= Beginning of Section =
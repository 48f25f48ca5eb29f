//! A use of `nm_rank`: two ranks in one thread exchange a short message and a long one, whose packets
//! and pieces are moved by hand.

mod messages;
mod moving;

use messages::{send_and_receive, two_ranks};
use nm_rank::FinishFault;
use nm_types::Answer;
use std::test::Fail;

/// What an answer says.
fn told(answer: &Result<Answer, FinishFault>) -> (&'static str, usize) {
    match answer {
        Ok(Answer::Sent) => ("sent", 0),
        Ok(Answer::Got { body, .. }) => ("got", body.len()),
        Ok(_) => ("another answer", 0),
        Err(_) => ("not complete", 0),
    }
}

pub fn show(rt: &HostRuntime) -> Result<(), Fail> {
    let (mut a, mut b) = two_ranks(rt.alloc())?;
    for len in [5, 3000] {
        let (sent, received) = send_and_receive(&mut a, &mut b, len)?;
        let (word, _) = told(&sent);
        let (shown, bytes) = told(&received);
        println!(rt; "{word}, {shown} {bytes}")?;
    }
    println!(rt;
        "packets {} and {}, pieces {}",
        a.popped(1),
        b.popped(0),
        a.pushed(1)
    )?;
    Ok(())
}
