//! A use of `nm_port`, with an item of its own: one rank sends 1,000 parcels with a byte each, and another takes
//! them.

mod crossing;
mod sending;
mod taking;

use crossing::cross;
use std::test::Fail;

pub fn show(rt: &HostRuntime) -> Result<(), Fail> {
    let mut text = Vec::new(rt.alloc());
    for k in 0..1000u32 {
        text.push((k % 251) as u8)?;
    }
    let came = cross(rt.alloc(), &text)?;
    println!(rt; "{} of {} came", came.len(), text.len())?;
    println!(rt; "the same: {}", came.as_slice() == text.as_slice())?;
    Ok(())
}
= End of Section =
Reproduce the lines word for word, starting at the one holding "mod crossing;" and ending at the final line of the material above.

• [ANSWER AREA]:
mod crossing;
mod sending;
mod taking;

use crossing::cross;
use std::test::Fail;

pub fn show(rt: &HostRuntime) -> Result<(), Fail> {
    let mut text = Vec::new(rt.alloc());
    for k in 0..1000u32 {
        text.push((k % 251) as u8)?;
    }
    let came = cross(rt.alloc(), &text)?;
    println!(rt; "{} of {} came", came.len(), text.len())?;
    println!(rt; "the same: {}", came.as_slice() == text.as_slice())?;
    Ok(())
}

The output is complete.